**WHAT IS BEING ASKED:** Would you print the material exactly, starting at its first line and ending at the line holding "use crate::asserting::same;"?

**SUPPLIED MATERIAL:**

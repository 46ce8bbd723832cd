// Movable blocks that are slid down, at a command and for a placement.
ghost use Rattle.std.specs.Prelude.{◌<◌, IsTrue};
ghost use Rattle.iigs_meaning.specs.Fits.{IsWant};
ghost use Rattle.iigs_meaning.specs.Slide.{AsksNoPlace};

use crate::asserting::same;
use crate::handles::{SLOT_0, SLOT_0_1, SLOT_1, SLOT_2, SLOT_3, SLOT_4};
use iigs_compact_memory::{BlockFault, CompactBanks, Handle, PlaceFault, Want};
use std::alloc::Global;
use std::process::Abort;
use std::test::Fail;

/// A call, and what is answered.
enum Step {
    /// A block of a given number of bytes is placed, at a level, movable or not.
    Put(u32, u8, bool, Result<Handle, PlaceFault>),
    /// So is one for a want.
    Ask(Want, u8, bool, Result<Handle, PlaceFault>),
    Free(Handle),
    Lock(Handle),
    Unlock(Handle),
    Replace(Handle, u32, Result<(), PlaceFault>),
    /// Two blocks of a given number of bytes are placed, or none.
    Both(u32, u32, Result<(Handle, Handle), PlaceFault>),
    /// A given number of blocks is moved.
    Compact(u32),
    At(Handle, Result<Option<u32>, BlockFault>),
    /// The first byte and the last are written.
    Write(Handle, u8, u8),
    /// They are these.
    Ends(Handle, Option<(u8, u8)>),
}

fn of(size: u32) -> Want
    ensures { 0 < size → IsWant result }
{
    Want {
        size,
        align: 1,
        no_cross: false,
        no_special: false,
        at: None,
        bank: None,
        low: None,
    }
}

fn is_want(want: &Want) -> bool
    ensures { IsTrue result → IsWant want.now }
{
    want.size > 0 && (want.align == 1 || want.align == 0x100 || want.align == 0x10000)
}

fn asks_no_place(want: &Want) -> bool
    ensures { IsTrue result → AsksNoPlace want.now }
{
    want.at.is_none() && want.bank.is_none() && want.low.is_none()
}

// The calls as the steps make them. They promise nothing.
fn put(
    banks: &mut CompactBanks,
    want: &Want,
    level: u8,
    movable: bool,
) -> Option<Result<Handle, PlaceFault>> {
    if !is_want(want) {
        return None;
    }
    if !movable {
        return Some(banks.place(want, 0, false, level, false));
    }
    if !asks_no_place(want) {
        return None;
    }
    Some(banks.place(want, 0, false, level, true))
}

fn replace(banks: &mut CompactBanks, h: Handle, size: u32) -> Option<Result<(), PlaceFault>> {
    let want = of(size);
    if !is_want(&want) {
        return None;
    }
    Some(banks.replace(h, &want))
}

fn place_all(
    banks: &mut CompactBanks,
    first: u32,
    second: u32,
    handles: &mut [Handle; 2],
) -> Option<Result<(), PlaceFault>> {
    if first == 0 || second == 0 {
        return None;
    }
    let wants = [of(first), of(second)];
    Some(banks.place_all(7, false, &wants, handles))
}

fn both(
    banks: &mut CompactBanks,
    first: u32,
    second: u32,
) -> Option<Result<(Handle, Handle), PlaceFault>> {
    let mut handles = [SLOT_0_1; 2];
    match place_all(banks, first, second, &mut handles) {
        Some(Ok(())) => Some(Ok((handles[0], handles[1]))),
        Some(Err(fault)) => Some(Err(fault)),
        None => None,
    }
}

fn at(banks: &CompactBanks, h: Handle) -> Result<Option<u32>, BlockFault> {
    Ok(banks.state(h)?.at)
}

fn write(banks: &mut CompactBanks, h: Handle, first: u8, last: u8) {
    if let Ok(bytes) = banks.block_mut(h) {
        if let Some(byte) = bytes.first_mut() {
            *byte = first;
        }
        if let Some(byte) = bytes.last_mut() {
            *byte = last;
        }
    }
}

fn ends(banks: &CompactBanks, h: Handle) -> Option<(u8, u8)> {
    match banks.block(h) {
        Ok(bytes) => Some((*bytes.first()?, *bytes.last()?)),
        Err(_) => None,
    }
}

fn change(rt: &impl Abort, banks: &mut CompactBanks, n: usize, step: &Step) {
    match step {
        Step::Put(size, level, movable, is) => {
            same(rt, n, put(banks, &of(*size), *level, *movable), Some(*is))
        }
        Step::Ask(want, level, movable, is) => {
            same(rt, n, put(banks, want, *level, *movable), Some(*is))
        }
        Step::Free(h) => same(rt, n, banks.free(*h), Ok(())),
        Step::Lock(h) => same(rt, n, banks.lock(*h), Ok(())),
        Step::Unlock(h) => same(rt, n, banks.unlock(*h), Ok(())),
        Step::Replace(h, size, is) => same(rt, n, replace(banks, *h, *size), Some(*is)),
        Step::Both(first, second, is) => same(rt, n, both(banks, *first, *second), Some(*is)),
        Step::Compact(is) => same(rt, n, banks.compact(), *is),
        Step::At(h, is) => same(rt, n, at(banks, *h), *is),
        Step::Write(h, first, last) => write(banks, *h, *first, *last),
        Step::Ends(h, is) => same(rt, n, ends(banks, *h), *is),
    }
}

fn run(rt: &(impl Alloc<A = Global> + Abort), numbers: &[u8], steps: &[Step]) -> Result<(), Fail> {
    let mut banks = CompactBanks::new(rt.alloc(), numbers)?;
    for (n, step) in steps.iter().enumerate() {
        change(rt, &mut banks, n, step);
    }
    Ok(())
}

static SLID: [Step; 11] = [
    Step::Put(0x10, 0, true, Ok(SLOT_0)),
    Step::Put(0x20, 0, true, Ok(SLOT_1)),
    Step::Write(SLOT_1, 0x12, 0x34),
    Step::Free(SLOT_0),
    Step::Put(0xFFE0, 0, true, Ok(SLOT_0_1)),
    Step::At(SLOT_1, Ok(Some(0x02_0000))),
    Step::Ends(SLOT_1, Some((0x12, 0x34))),
    Step::Compact(0),
    Step::Free(SLOT_1),
    Step::Compact(1),
    Step::At(SLOT_0_1, Ok(Some(0x02_0000))),
];

// A placement slides a block down where it finds no room otherwise, and what is placed then is movable where that was asked for.
#[test]
fn a_placement_slides(rt: HostRuntime) -> Result<(), Fail> {
    run(&rt, &[2], &SLID)
}

static FIXED: [Step; 7] = [
    Step::Put(0x10, 0, true, Ok(SLOT_0)),
    Step::Put(0x20, 0, false, Ok(SLOT_1)),
    Step::Free(SLOT_0),
    Step::Put(0xFFE0, 0, true, Err(PlaceFault::NoRoom(0))),
    Step::Compact(0),
    Step::At(SLOT_1, Ok(Some(0x02_0010))),
    Step::Put(0x10, 0, true, Ok(SLOT_0_1)),
];

// A block that isn't movable stays, and a refused placement changes nothing.
#[test]
fn a_fixed_block_stays(rt: HostRuntime) -> Result<(), Fail> {
    run(&rt, &[2], &FIXED)
}

static LOCKED: [Step; 12] = [
    Step::Put(1, 0, true, Ok(SLOT_0)),
    Step::Put(0xFFFF, 1, true, Ok(SLOT_1)),
    Step::Write(SLOT_1, 0x12, 0x34),
    Step::Free(SLOT_0),
    Step::Lock(SLOT_1),
    Step::Compact(0),
    Step::Unlock(SLOT_1),
    Step::Compact(1),
    Step::At(SLOT_1, Ok(Some(0x02_0000))),
    Step::Ends(SLOT_1, Some((0x12, 0x34))),
    Step::Compact(0),
    Step::Replace(SLOT_1, 1, Err(PlaceFault::NotEmpty)),
];

// A locked block moves once it is unlocked, over itself and with all its bytes.
#[test]
fn a_locked_block_waits(rt: HostRuntime) -> Result<(), Fail> {
    run(&rt, &[2], &LOCKED)
}

const PAGE: Want = Want {
    size: 0x10,
    align: 0x100,
    no_cross: false,
    no_special: false,
    at: None,
    bank: None,
    low: None,
};

const IN_A_BANK: Want = Want {
    size: 0x9000,
    align: 1,
    no_cross: true,
    no_special: false,
    at: None,
    bank: None,
    low: None,
};

static OVER_BANKS: [Step; 13] = [
    Step::Put(0x20, 0, false, Ok(SLOT_0)),
    Step::Put(0x10, 0, true, Ok(SLOT_1)),
    Step::Ask(PAGE, 0, true, Ok(SLOT_2)),
    Step::Ask(IN_A_BANK, 0, true, Ok(SLOT_3)),
    Step::Ask(IN_A_BANK, 0, true, Ok(SLOT_4)),
    Step::Write(SLOT_4, 0x12, 0x34),
    Step::At(SLOT_4, Ok(Some(0x02_0000))),
    Step::Free(SLOT_0),
    Step::Free(SLOT_3),
    Step::Compact(2),
    Step::At(SLOT_1, Ok(Some(0x00_0800))),
    Step::At(SLOT_4, Ok(Some(0x00_0910))),
    Step::Ends(SLOT_4, Some((0x12, 0x34))),
];

// A block slides from one bank to another and into special memory, and keeps what its want asks for.
#[test]
fn wants_are_kept(rt: HostRuntime) -> Result<(), Fail> {
    run(&rt, &[0, 2], &OVER_BANKS)
}

const AT_20008: Want = Want {
    size: 8,
    align: 1,
    no_cross: false,
    no_special: false,
    at: Some(0x02_0008),
    bank: None,
    low: None,
};

static ONE_PURGE: [Step; 8] = [
    Step::Put(8, 3, false, Ok(SLOT_0)),
    Step::Put(8, 0, true, Ok(SLOT_1)),
    Step::Put(8, 2, false, Ok(SLOT_2)),
    Step::Put(0x10, 0, true, Ok(SLOT_3)),
    Step::Ask(AT_20008, 0, false, Ok(SLOT_4)),
    Step::At(SLOT_0, Ok(None)),
    Step::At(SLOT_1, Ok(Some(0x02_0000))),
    Step::At(SLOT_2, Ok(Some(0x02_0010))),
];

// One purge and a slide make room, and one purge more would close it.
#[test]
fn the_fewest_purges_are_found(rt: HostRuntime) -> Result<(), Fail> {
    run(&rt, &[2], &ONE_PURGE)
}

static PURGED_AND_SLID: [Step; 7] = [
    Step::Put(0x8000, 1, false, Ok(SLOT_0)),
    Step::Put(0x10, 0, true, Ok(SLOT_1)),
    Step::Write(SLOT_1, 0x12, 0x34),
    Step::Put(0xFFF0, 0, false, Ok(SLOT_2)),
    Step::At(SLOT_0, Ok(None)),
    Step::At(SLOT_2, Ok(Some(0x02_0010))),
    Step::Ends(SLOT_1, Some((0x12, 0x34))),
];

// Where the want doesn't fit beside a block that stays, that is purged, and another slides to its place.
#[test]
fn a_purge_and_a_slide_make_room(rt: HostRuntime) -> Result<(), Fail> {
    run(&rt, &[2], &PURGED_AND_SLID)
}

static REFUSED: [Step; 5] = [
    Step::Put(0x8000, 1, false, Ok(SLOT_0)),
    Step::Put(0x10, 0, false, Ok(SLOT_1)),
    Step::Put(0xFFF8, 0, true, Err(PlaceFault::NoRoom(0))),
    Step::At(SLOT_0, Ok(Some(0x02_0000))),
    Step::At(SLOT_1, Ok(Some(0x02_8000))),
];

// Where the want fits nowhere, whatever is purged and slid down, nothing is.
#[test]
fn a_refused_placement_purges_nothing(rt: HostRuntime) -> Result<(), Fail> {
    run(&rt, &[2], &REFUSED)
}

static REPLACED: [Step; 9] = [
    Step::Put(0x10, 0, true, Ok(SLOT_0)),
    Step::Put(0x10, 1, true, Ok(SLOT_1)),
    Step::Put(0xFFE8, 0, false, Ok(SLOT_2)),
    Step::At(SLOT_1, Ok(None)),
    Step::Free(SLOT_2),
    Step::Replace(SLOT_1, 0x10, Ok(())),
    Step::Free(SLOT_0),
    Step::Compact(0),
    Step::At(SLOT_1, Ok(Some(0x02_0010))),
];

// A block that was purged and is placed anew isn't movable any more.
#[test]
fn a_block_placed_anew_stays(rt: HostRuntime) -> Result<(), Fail> {
    run(&rt, &[2], &REPLACED)
}

static SEVERAL: [Step; 11] = [
    Step::Put(0x10, 0, true, Ok(SLOT_0)),
    Step::Put(0x20, 0, true, Ok(SLOT_1)),
    Step::Write(SLOT_1, 0x12, 0x34),
    Step::Free(SLOT_0),
    Step::Both(8, 0xFFE0, Err(PlaceFault::NoRoom(1))),
    Step::At(SLOT_1, Ok(Some(0x02_0010))),
    Step::Both(0xFFD8, 8, Ok((SLOT_0_1, SLOT_2))),
    Step::At(SLOT_1, Ok(Some(0x02_0000))),
    Step::Ends(SLOT_1, Some((0x12, 0x34))),
    Step::At(SLOT_0_1, Ok(Some(0x02_0020))),
    Step::At(SLOT_2, Ok(Some(0x02_FFF8))),
];

// Several blocks are placed with a slide, or none, and nothing is slid then.
#[test]
fn several_are_placed_with_a_slide(rt: HostRuntime) -> Result<(), Fail> {
    run(&rt, &[2], &SEVERAL)
}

**ANSWER TO THE EXERCISE:**
repository 46ce8bbd723832cd
// Movable blocks that are slid down, at a command and for a placement.
ghost use Rattle.std.specs.Prelude.{◌<◌, IsTrue};
ghost use Rattle.iigs_meaning.specs.Fits.{IsWant};
ghost use Rattle.iigs_meaning.specs.Slide.{AsksNoPlace};

use crate::asserting::same;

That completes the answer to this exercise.